What to Include on a Cost Benefit Analysis Template

A cost benefit analysis template is a "fill in the blanks" tool for completing a cost benefit analysis on a potential business decision. Managers can use Microsoft Excel or any other spreadsheet to develop the right cost benefit analysis template for a particular business decision.

By building the right cost benefit analysis template, a business manager can compare a course of action in a rational manner, avoiding many of the potential biases that can lead to poor business decision making. Failing to take due diligence up front and using a flawed model can be a costly misstep in any industry.

What to Include in a Cost Benefit Analysis Template ?

Using the power of Microsoft Excel, you can include separate sheets for direct and indirect cost calculations, and feed them into an integrated cover sheet.
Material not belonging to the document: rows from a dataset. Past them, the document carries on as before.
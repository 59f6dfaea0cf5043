//! A unit at work: each step takes or gives one latch.
ghost use Rattle.std.specs.Prelude.{◌≡◌, ◌≢◌, ℕ, ◌+◌, ◌-◌, ◌*◌, ◌^◌, ◌<◌, ◌≤◌, List, [], ◌∷◌, ◌++◌, length, vec_len, vec_capacity, true, false, None, Some, IsTrue, IfOk, OnErr, MatchBool};
ghost use Rattle.dbtg_cells.specs.declared.cell.Cell.{Cell};
ghost use Rattle.dbtg_cells.specs.declared.name.CellName.{CellName};
ghost use Rattle.dbtg_cells.specs.CellNumbers.{cell_number};
ghost use Rattle.dbtg_unit.specs.declared.held.Need.{Need};
ghost use Rattle.dbtg_unit.specs.declared.held.Need.TheVariants.{Stale, Take};
ghost use Rattle.dbtg_unit.specs.Database.State.Base.{Database as Db};
ghost use Rattle.dbtg_unit.specs.Hands.EditsOf.{is_delete};
ghost use Rattle.dbtg_unit.specs.Database.Statements.Fits.{fits};
ghost use Rattle.dbtg_unit.specs.Hands.Local.{Agrees};
ghost use Rattle.dbtg_unit.specs.Hands.Making.{IsReady};
ghost use Rattle.dbtg_unit.specs.Hands.Needs.{need};
ghost use Rattle.dbtg_step.specs.Machine.Network.{noted_owners};
ghost use Rattle.dbtg_step.specs.Core.Courses.{CourseMatches};
ghost use Rattle.dbtg_step.specs.Inside.Courses.{HasMore};
ghost use Rattle.dbtg_step.specs.Inside.Events.{HaveRings};
ghost use Rattle.dbtg_run.specs.Inside.Posed.{HoldsSo, turns_left};
ghost use Rattle.dbtg_run.specs.Inside.Tries.{AreUsedUp, IsVain, Suffice};
ghost use Rattle.dbtg_run.specs.Inside.Views.{times};
ghost use Rattle.dbtg_run.specs.Inside.LatchRule.{area_count};
ghost use Rattle.dbtg_run.specs.Inside.Works.{Belongs, IsAtWork, IsSameUnit, KnowsBetter};

use crate::database::Database;
use crate::plays::{LookAtArea, PutCell, TakeAlone, TakeCell, TakeShared};
use crate::tries::Tries;
use crate::work::Work;
use dbtg_cells::{CellName, Owners, cell_number};
use dbtg_schema::AreaNo;
use dbtg_step::{Course, next_need, true_guesses};
use dbtg_unit::{Need, Statement};
use std::alloc::{AllocError, Global};

fn is_delete(statement: &Statement) -> bool
    ensures { result ≡ is_delete statement.now }
{
    matches!(statement, Statement::Delete(_))
}

fn is_ready(wanted: &Wanted) -> bool
    ensures { MatchBool result (wanted.now.need ≡ Need.Ready) (wanted.now.need ≢ Need.Ready) }
{
    matches!(wanted.need, Need::Ready)
}

// What a unit at work needs next, and the guesses with which it goes on where its own are wrong.
#[derive(Drop)]
pub(crate) struct Wanted {
    pub(crate) need: Need,
    pub(crate) guesses: Owners,
}

// Forgets what is settled about the needs.
fn forget(course: &mut Option<Course>)
    ensures { course.new ≡ None }
{
    drop(course.take());
}
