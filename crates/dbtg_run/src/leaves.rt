//! Giving back what a unit at work has taken: each cell to its slot, then each area.
ghost use Rattle.std.specs.Prelude.{◌≡◌, ℕ, ◌+◌, ◌<◌, List, [], ◌∷◌, ◌++◌, cond, length};
ghost use Rattle.dbtg_cells.specs.declared.cell.Cell.{Cell};
ghost use Rattle.dbtg_cells.specs.declared.name.CellName.{CellName};
ghost use Rattle.dbtg_run.specs.Inside.Works.{Belongs, IsAtWork, IsSameUnit};

use crate::database::Database;
use crate::plays::{LeaveArea, PutCell};
use crate::work::Work;
use dbtg_cells::cell_number;

// The bit by which a unit has an area: one of the low eight if it shares it, one of the next eight if it has it alone.
fn latch_bit(exclusive: bool, place: u32) -> u32
    requires { place < 8 }
    ensures { result ≡ cond exclusive (8 + place) place }
{
    if exclusive { 8 + place } else { place }
}

impl Work {
    // Puts back the cell that was taken last.
    fn put_cell(&mut self, db: &Database)
        requires belongs { Belongs db.now self.old }
        requires work { IsAtWork self.old }
        requires some { 0 < length self.old.held.cells }
        ensures same { IsSameUnit self.old self.new }
        ensures work { IsAtWork self.new }
        ensures exclusive { self.new.exclusive ≡ self.old.exclusive }
        ensures held { (e : CellName × Cell) × (self.old.held.cells ≡ self.new.held.cells ++ e ∷ []) }
        ensures rest { self.new.held ≡ record self.old.held { cells = self.new.held.cells } }
    {
        let Some((name, cell)) = self.held.pop_cell() else {
            unreachable!()
        };
        let Some(number) = cell_number(&db.schema, db.about.capacity, &name) else {
            unreachable!()
        };
        let word = 1 + db.schema.areas().len() + number;
        let board = &db.board.shared;
        drop(board.exchange(&mut self.seat, number, Some(cell)));
        board.fetch_and::<PutCell>(&mut self.seat, word, 0);
    }

    // Puts all cells back.
    pub(crate) fn put_each_cell(&mut self, db: &Database)
        requires belongs { Belongs db.now self.old }
        requires work { IsAtWork self.old }
        ensures same { IsSameUnit self.old self.new }
        ensures work { IsAtWork self.new }
        ensures exclusive { self.new.exclusive ≡ self.old.exclusive }
        ensures held { self.new.held ≡ record self.old.held { cells = [] } }
    {
        'cells: while 0 < self.held.cell_count() {
            self.put_cell(db);
        }
    }

    // Leaves the area that was taken last.
    fn leave_area(&mut self, db: &Database)
        requires belongs { Belongs db.now self.old }
        requires work { IsAtWork self.old }
        requires some { 0 < length self.old.held.areas }
        requires no_cells { self.old.held.cells ≡ [] }
        ensures same { IsSameUnit self.old self.new }
        ensures work { IsAtWork self.new }
        ensures exclusive { self.new.exclusive ≡ self.old.exclusive }
        ensures held { (a : ℕ) × (self.old.held.areas ≡ self.new.held.areas ++ a ∷ []) }
        ensures rest { self.new.held ≡ record self.old.held { areas = self.new.held.areas } }
    {
        let Some(area) = self.held.pop_area() else {
            unreachable!()
        };
        let word = 1 + area.index() as usize;
        let bit = latch_bit(self.exclusive, self.unit.number as u32 - 1);
        db.board
            .shared
            .fetch_and::<LeaveArea>(&mut self.seat, word, !(1u64 << bit));
    }

    // Puts all cells back, then leaves all areas.
    pub(crate) fn give_back(&mut self, db: &Database)
        requires belongs { Belongs db.now self.old }
        requires work { IsAtWork self.old }
        ensures same { IsSameUnit self.old self.new }
        ensures work { IsAtWork self.new }
        ensures exclusive { self.new.exclusive ≡ self.old.exclusive }
        ensures held { self.new.held ≡ record self.old.held { areas = []; cells = [] } }
    {
        self.put_each_cell(db);
        'areas: while 0 < self.held.area_count() {
            self.leave_area(db);
        }
    }
}
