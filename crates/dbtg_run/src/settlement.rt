//! The end of a database: its units come together, and their journals are one history.
ghost use Rattle.std.specs.Prelude.{◌≡◌, ◌↔◌, ◌<◌, ◌≤◌, length, replicate, All, IfOk, IfErr};
ghost use Rattle.dbtg_step.specs.Core.Audit.{IsAudited};
ghost use Rattle.dbtg_run.specs.Inside.Settling.{AreAll, HaveJoined, all_entries, blank, by_ticket, entries_from_last, placed};
ghost use Rattle.dbtg_run.specs.Settling.{IsSettled};
ghost use Rattle.dbtg_run.specs.UnitView.{BelongsTo};

use crate::database::Database;
use crate::merge::{blank, make_slots, merge, place};
use crate::rule::Chair;
use crate::seats::{join_to, learn};
use crate::settled::{Fault, Settled, Unsettled};
use crate::unit::RunUnit;
use dbtg_schema::Row;
use dbtg_step::audit_each;
use dbtg_unit::{Entry, Image, Unit};
use std::alloc::{AllocError, Global};

// One seat for all units, whose entries go into the slots of their tickets.
fn join_all(db: &Database, units: Vec<RunUnit>, slots: &mut [Entry]) -> Chair
    requires belong { All (BelongsTo db.now) units.items }
    requires some { 0 < length units.items }
    ensures table { result.table_id ≡ db.now.board.shared.table_id }
    ensures joined { HaveJoined db.now.about units.items result.me }
    ensures placed { slots.new ≡ placed slots.old (entries_from_last units.items) }
{
    let mut units = units;
    let Some(first) = units.pop() else {
        unreachable!()
    };
    let (mut seat, journal) = first.into_parts();
    place(slots, journal);
    'units: while let Some(unit) = units.pop() {
        let (other, journal) = unit.into_parts();
        place(slots, journal);
        join_to(&db.board.shared, &mut seat, other);
    }
    seat
}

// If as many units have come as there are, they are all of them, and one history made them. Their entries go into the slots of their
// tickets.
fn learn_all(db: &Database, units: Vec<RunUnit>, slots: Vec<Entry>) -> Vec<Entry>
    requires belong { All (BelongsTo db.now) units.items }
    requires all { db.now.about.units ≤ length units.items }
    ensures all { AreAll db.now.about units.items }
    ensures placed { result.items ≡ placed slots.items (entries_from_last units.items) }
{
    let mut slots = slots;
    let mut seat = join_all(db, units, slots.as_mut_slice());
    learn(&db.board.shared, &mut seat);
    slots
}

// A slot for each entry, and what the journals lead to by ticket, if they are a history.
fn audit_all(
    alloc: Global,
    db: &Database,
    units: &[RunUnit],
) -> Result<(Vec<Entry>, Option<(Image, Row<Unit>)>), AllocError>
    requires belong { All (BelongsTo db.now) units.now }
    requires some { 0 < length units.now }
    ensures slots { IfOk result (λ r. r.0.items ≡ replicate (length (all_entries units.now)) blank) }
    ensures audited { IfOk result (λ r. IsAudited db.now.schema db.now.about.capacity db.now.about.units (by_ticket (all_entries units.now)) r.1) }
{
    // What the units know of the database: its schema is sound, for the audit.
    let _about = units[0].about();
    let none = blank();
    let slots = make_slots(alloc, units)?;
    let history = merge(alloc, &none, units)?;
    let found = audit_each(
        alloc,
        &db.schema,
        db.about.capacity,
        db.about.units,
        history.as_slice(),
    )?;
    Ok((slots, found))
}

/// Ends the database, once all its units are handed in, in any order. All memory is taken before a seat is given up. If memory is
/// refused, or a unit is missing, the database and the units come back as they were.
pub fn settle(alloc: Global, db: Database, units: Vec<RunUnit>) -> Result<Settled, Unsettled>
    requires belong { All (BelongsTo db) units.items }
    ensures ok { IfOk result (λ settled. IsSettled db units.items settled) }
    ensures err { IfErr result (λ back. (back.db ≡ db) × (back.units ≡ units)) }
    ensures missing { IfErr result (λ back. (back.fault ≡ Fault.Missing) ↔ (length units.items < db.about.units)) }
{
    if units.as_slice().len() < db.about.units as usize {
        return Err(Unsettled {
            fault: Fault::Missing,
            db,
            units,
        });
    }
    match audit_all(alloc, &db, units.as_slice()) {
        Err(_) => Err(Unsettled {
            fault: Fault::NoMemory,
            db,
            units,
        }),
        Ok((slots, found)) => {
            let history = learn_all(&db, units, slots);
            let Some((image, units)) = found else {
                unreachable!()
            };
            Ok(Settled {
                schema: db.schema,
                image,
                history: Row::of(history),
                units,
            })
        }
    }
}
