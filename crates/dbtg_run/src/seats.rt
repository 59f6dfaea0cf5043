//! Seats at the table: one is cut from another, one joins another, and one that has all units learns the history.
ghost use Rattle.std.specs.Prelude.{◌≡◌, ℕ, ◌+◌, ◌<◌, ◌≤◌, List, [], ◌∷◌, length, true};
ghost use Rattle.dbtg_run.specs.Inside.Views.{lone};
ghost use Rattle.dbtg_run.specs.Inside.LatchRule.{Whole, gathered, one_of, others_of};
ghost use Rattle.dbtg_run.specs.declared.view.SeatUnit.{SeatUnit};

use crate::plays::{Gather, Learn, OneOff};
use crate::rule::{Chair, Top};

// Cuts a seat off for the first unit of this one.
pub(crate) fn cut_off(top: &Top, seat: &mut Chair) -> Chair
    requires table { (seat.old.table_id ≡ top.now.table_id) × (0 < top.now.table_id.words) }
    requires some { (m : SeatUnit) × (ms : List SeatUnit) × (seat.old.me.0 ≡ record { live = true; about = top.now.key; members = m ∷ ms }) }
    ensures left { (seat.new.table_id ≡ seat.old.table_id) × (seat.new.id ≡ seat.old.id) × (seat.new.me ≡ (others_of seat.old.me.0, seat.old.me.1)) }
    ensures cut { (result.table_id ≡ seat.old.table_id) × (result.me ≡ (one_of seat.old.me.0, [])) }
{
    top.split_seat::<OneOff>(seat)
}

// Joins the seat of one unit to another seat.
pub(crate) fn join_to(top: &Top, seat: &mut Chair, other: Chair)
    requires tables { (seat.old.table_id ≡ top.now.table_id) × (other.table_id ≡ top.now.table_id) × (0 < top.now.table_id.words) }
    requires live { (ms : List SeatUnit) × (seat.old.me.0 ≡ record { live = true; about = top.now.key; members = ms }) }
    requires one { (m : SeatUnit) × (other.me ≡ (lone top.now.key m, [])) }
    ensures joined { (seat.new.table_id ≡ seat.old.table_id) × (seat.new.id ≡ seat.old.id) × (seat.new.me ≡ (gathered seat.old.me.0 other.me.0, seat.old.me.1)) }
{
    top.join_seat::<Gather>(seat, other);
}

// A seat has no more units than there are, and one that has them all learns the history that made them.
pub(crate) fn learn(top: &Top, seat: &mut Chair)
    requires table { (seat.old.table_id ≡ top.now.table_id) × (0 < top.now.table_id.words) }
    requires live { (ms : List SeatUnit) × (seat.old.me.0 ≡ record { live = true; about = top.now.key; members = ms }) }
    ensures same { (seat.new.table_id ≡ seat.old.table_id) × (seat.new.id ≡ seat.old.id) × (seat.new.me ≡ seat.old.me) }
    ensures few { length seat.old.me.0.members ≤ top.now.key.units }
    ensures whole { length seat.old.me.0.members ≡ top.now.key.units → Whole seat.old.me.0 }
{
    top.load::<Learn>(seat, 0);
}
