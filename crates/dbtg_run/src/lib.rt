//! Run-units on threads: a database over a table of atomic words.
#![tactic(auto)]

mod calls;
mod commit;
mod database;
mod execute;
mod leaves;
mod making;
mod merge;
mod outcome;
mod plays;
mod rule;
mod running;
mod seats;
mod settled;
mod settlement;
mod takes;
mod threads;
mod tries;
mod unit;
mod view;
mod work;

pub use database::Database;
pub use outcome::{Gate, NoGate, Outcome, Point};
pub use plays::{
    Draw, Gather, Learn, LeaveArea, LookAtArea, OneOff, Picked, PutCell, TakeAlone, TakeCell,
    TakeShared,
};
pub use rule::{Board, Chair, Latches, Top};
pub use running::run_script;
pub use settled::{Fault, Settled, Unsettled};
pub use settlement::settle;
pub use threads::run_units;
pub use unit::RunUnit;
pub use view::{About, SeatKnowledge, SeatUnit};
pub use work::Work;
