//! The calls of a program with threads: each makes a statement of a run-unit.
ghost use Rattle.std.specs.Prelude.{◌≡◌, ◌≢◌, ◌↔◌, ◌<◌, ◌≤◌, true, length};
ghost use Rattle.dbtg_unit.specs.Database.Statements.Fits.{fits};
ghost use Rattle.dbtg_run.specs.Drawn.{IsDone};
ghost use Rattle.dbtg_run.specs.Outcomes.{IfDone, IfNotDone, NeedsNoLatch};
ghost use Rattle.dbtg_run.specs.Inside.Tries.{AreUsedUp, Suffice};
ghost use Rattle.dbtg_run.specs.UnitView.{BelongsTo};

use crate::database::Database;
use crate::outcome::{Gate, NoGate, Outcome};
use crate::tries::Tries;
use crate::unit::RunUnit;
use dbtg_unit::{MOST_STATEMENTS, Statement};
use std::alloc::Global;
use std::sync::Wait;
use std::thread;

impl Database {
    /// Makes a statement of the unit. `tries` says how often it tries again when another unit is in the way; it waits for
    /// nobody. If the statement is not done, the unit holds nothing and is as it was.
    pub fn execute(
        &self,
        alloc: Global,
        unit: &mut RunUnit,
        statement: &Statement,
        tries: u32,
    ) -> Outcome
        requires belongs { BelongsTo self.now unit.old }
        requires fits { fits self.now.schema statement.now ≡ true }
        ensures belongs { BelongsTo self.now unit.new }
        ensures number { unit.new.unit.number ≡ unit.old.unit.number }
        ensures done { IfDone result (λ a. IsDone self.now.about unit.old.journal unit.new.journal unit.new.unit statement.now a) }
        ensures unchanged { IfNotDone result (unit.new ≡ unit.old) }
        ensures spent { (result ≡ Outcome.Spent) ↔ (MOST_STATEMENTS ≤ length unit.old.journal) }
        ensures free { NeedsNoLatch self.now.about unit.old.unit statement.now → result ≢ Outcome.Busy }
        ensures alone { self.now.about.units ≡ 1 → 0 < tries → result ≢ Outcome.Busy }
    {
        self.execute_at(alloc, unit, statement, tries, &NoGate)
    }

    /// Like `execute`. The gate is passed directly after the ticket, and after the last latch is left.
    pub fn execute_at<G: Gate>(
        &self,
        alloc: Global,
        unit: &mut RunUnit,
        statement: &Statement,
        tries: u32,
        gate: &G,
    ) -> Outcome
        requires belongs { BelongsTo self.now unit.old }
        requires fits { fits self.now.schema statement.now ≡ true }
        ensures belongs { BelongsTo self.now unit.new }
        ensures number { unit.new.unit.number ≡ unit.old.unit.number }
        ensures done { IfDone result (λ a. IsDone self.now.about unit.old.journal unit.new.journal unit.new.unit statement.now a) }
        ensures unchanged { IfNotDone result (unit.new ≡ unit.old) }
        ensures spent { (result ≡ Outcome.Spent) ↔ (MOST_STATEMENTS ≤ length unit.old.journal) }
        ensures free { NeedsNoLatch self.now.about unit.old.unit statement.now → result ≢ Outcome.Busy }
        ensures alone { self.now.about.units ≡ 1 → 0 < tries → result ≢ Outcome.Busy }
    {
        let mut tries = Tries::of(tries);
        unit.work.execute(alloc, self, statement, &mut tries, gate)
    }

    // One round of `insist`: a statement of the unit, with 64 tries. Also gives the tries, as they were used.
    fn round<G: Gate>(
        &self,
        alloc: Global,
        unit: &mut RunUnit,
        statement: &Statement,
        gate: &G,
    ) -> (Outcome, Tries)
        requires belongs { BelongsTo self.now unit.old }
        requires fits { fits self.now.schema statement.now ≡ true }
        ensures belongs { BelongsTo self.now unit.new }
        ensures number { unit.new.unit.number ≡ unit.old.unit.number }
        ensures done { IfDone result.0 (λ a. IsDone self.now.about unit.old.journal unit.new.journal unit.new.unit statement.now a) }
        ensures unchanged { IfNotDone result.0 (unit.new ≡ unit.old) }
        ensures spent { (result.0 ≡ Outcome.Spent) ↔ (MOST_STATEMENTS ≤ length unit.old.journal) }
        ensures given { result.1.given ≡ 64 }
        ensures busy { result.0 ≡ Outcome.Busy → AreUsedUp result.1 }
        ensures tries { IfDone result.0 (λ _. Suffice result.1) }
    {
        let mut tries = Tries::of(64);
        let outcome = unit.work.execute(alloc, self, statement, &mut tries, gate);
        (outcome, tries)
    }

    /// Tries a statement of the unit again and again, until it is done, spent or out of memory. Other units go on between tries.
    pub fn insist<R: Wait>(
        &self,
        rt: &R,
        alloc: Global,
        unit: &mut RunUnit,
        statement: &Statement,
    ) -> Outcome
        requires belongs { BelongsTo self.now unit.old }
        requires fits { fits self.now.schema statement.now ≡ true }
        ensures belongs { BelongsTo self.now unit.new }
        ensures number { unit.new.unit.number ≡ unit.old.unit.number }
        ensures done { IfDone result (λ a. IsDone self.now.about unit.old.journal unit.new.journal unit.new.unit statement.now a) }
        ensures unchanged { IfNotDone result (unit.new ≡ unit.old) }
        ensures spent { (result ≡ Outcome.Spent) ↔ (MOST_STATEMENTS ≤ length unit.old.journal) }
        ensures busy { result ≢ Outcome.Busy }
    {
        self.insist_at(rt, alloc, unit, statement, &NoGate)
    }

    /// Like `insist`. The gate is passed as by `execute_at`.
    pub fn insist_at<R: Wait, G: Gate>(
        &self,
        rt: &R,
        alloc: Global,
        unit: &mut RunUnit,
        statement: &Statement,
        gate: &G,
    ) -> Outcome
        requires belongs { BelongsTo self.now unit.old }
        requires fits { fits self.now.schema statement.now ≡ true }
        ensures belongs { BelongsTo self.now unit.new }
        ensures number { unit.new.unit.number ≡ unit.old.unit.number }
        ensures done { IfDone result (λ a. IsDone self.now.about unit.old.journal unit.new.journal unit.new.unit statement.now a) }
        ensures unchanged { IfNotDone result (unit.new ≡ unit.old) }
        ensures spent { (result ≡ Outcome.Spent) ↔ (MOST_STATEMENTS ≤ length unit.old.journal) }
        ensures busy { result ≢ Outcome.Busy }
    {
        'tries: for _ in rt.forever() {
            let (outcome, _) = self.round(alloc, unit, statement, gate);
            if !outcome.is_busy() {
                return outcome;
            }
            drop(outcome);
            thread::yield_now();
        }
        unreachable!()
    }
}
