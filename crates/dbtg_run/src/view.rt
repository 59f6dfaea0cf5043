//! What a seat at the table knows. No value of these types is made; a clause reads an array as a list, of any length.
use dbtg_cells::{Cell, CellName};
use dbtg_schema::Schema;
use dbtg_unit::{Entry, Unit};
use std::snapshot::Snapshot;

/// What the database is made with.
#[derive(Drop)]
pub struct About {
    pub schema: Snapshot<Schema>,
    pub capacity: u16,
    pub units: u8,
}

/// One run-unit: its place among the units from 0, what it is, its entries, and what it holds in the order of taking. A held
/// cell has no room beside what it shows.
pub struct SeatUnit {
    pub place: u8,
    pub unit: Unit,
    pub journal: [Entry; 0],
    pub exclusive: bool,
    pub areas: [u8; 0],
    pub held: [(CellName, Cell); 0],
}

/// The knowledge of a seat: the units that sit there.
pub struct SeatKnowledge {
    /// False in what is left after a join.
    pub live: bool,
    pub about: About,
    pub members: [SeatUnit; 0],
}
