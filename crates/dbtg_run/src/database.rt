//! The database that units share. It holds no seat.
ghost use Rattle.std.specs.Prelude.{◌≡◌, ◌<◌};
ghost use Rattle.dbtg_run.specs.Inside.Posed.{IsSized};

use crate::rule::Board;
use crate::view::About;
use dbtg_schema::Schema;

/// The database that units share: its table, its schema, and what it is made with.
#[derive(Drop)]
pub struct Database {
    pub board: Board,
    pub schema: Schema,
    pub about: About,
    pub ghost keyed: { board.shared.key ≡ about },
    pub ghost same: { about.schema.value ≡ schema },
    pub ghost sized: { IsSized about board.shared.table_id },
    pub ghost some: { 0 < about.units },
}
Some of the direct costs critical to an accurate cost benefit analysis template include:

  • - capital equipment and durable goods costs,
  • - tax and fee costs,
  • - outsource or consulting fees, and
  • - subscription or annual recurring costs.

Indirect costs that feed your template should include:

  • - training costs,
  • - facility expansion costs,
  • - labor related to implementation,
  • - changes in overhead such as utilities or transportation, and
  • - any cross-business unit costs.

The last is particularly critical. For instance, if the sales team moves to changing minimum or maximum order quantities, it may create a cost for an operational unit that is not a direct participant in the decision making process.

There are many sample cost benefit analysis templates available on the internet and others are incorporated into such software platforms as ERP software. Which model you choose to use depends on which one addresses the level of detail you need.

On the benefit feeder page, it should include any savings due to price, reduced ordering costs, reduced transportation costs, reduced labor costs, increased revenue opportunities, reduced inventory carrying costs and any other positive revenue or reduced cost impacts on cash flow.

Time Factor in Your Cost Benefit Analysis Template.

Different companies have different standards for payback on capital investments. When your cost benefit analysis template is evaluating the ROI on a capital investment, it must cover, at a minimum, the period set by your company as an acceptable ROI.

In some industries, a project must self fund within a year. A common period is three years. Some companies with long-horizon planning accept a 5-year ROI even as they use a 10-year amortization schedule or depreciation schedule on the capital investment.

Your cost benefit analysis template should show the yearly and cumulative ROI status. By looking at impact over time in a comprehensive template, you are looking out for the welfare of your business.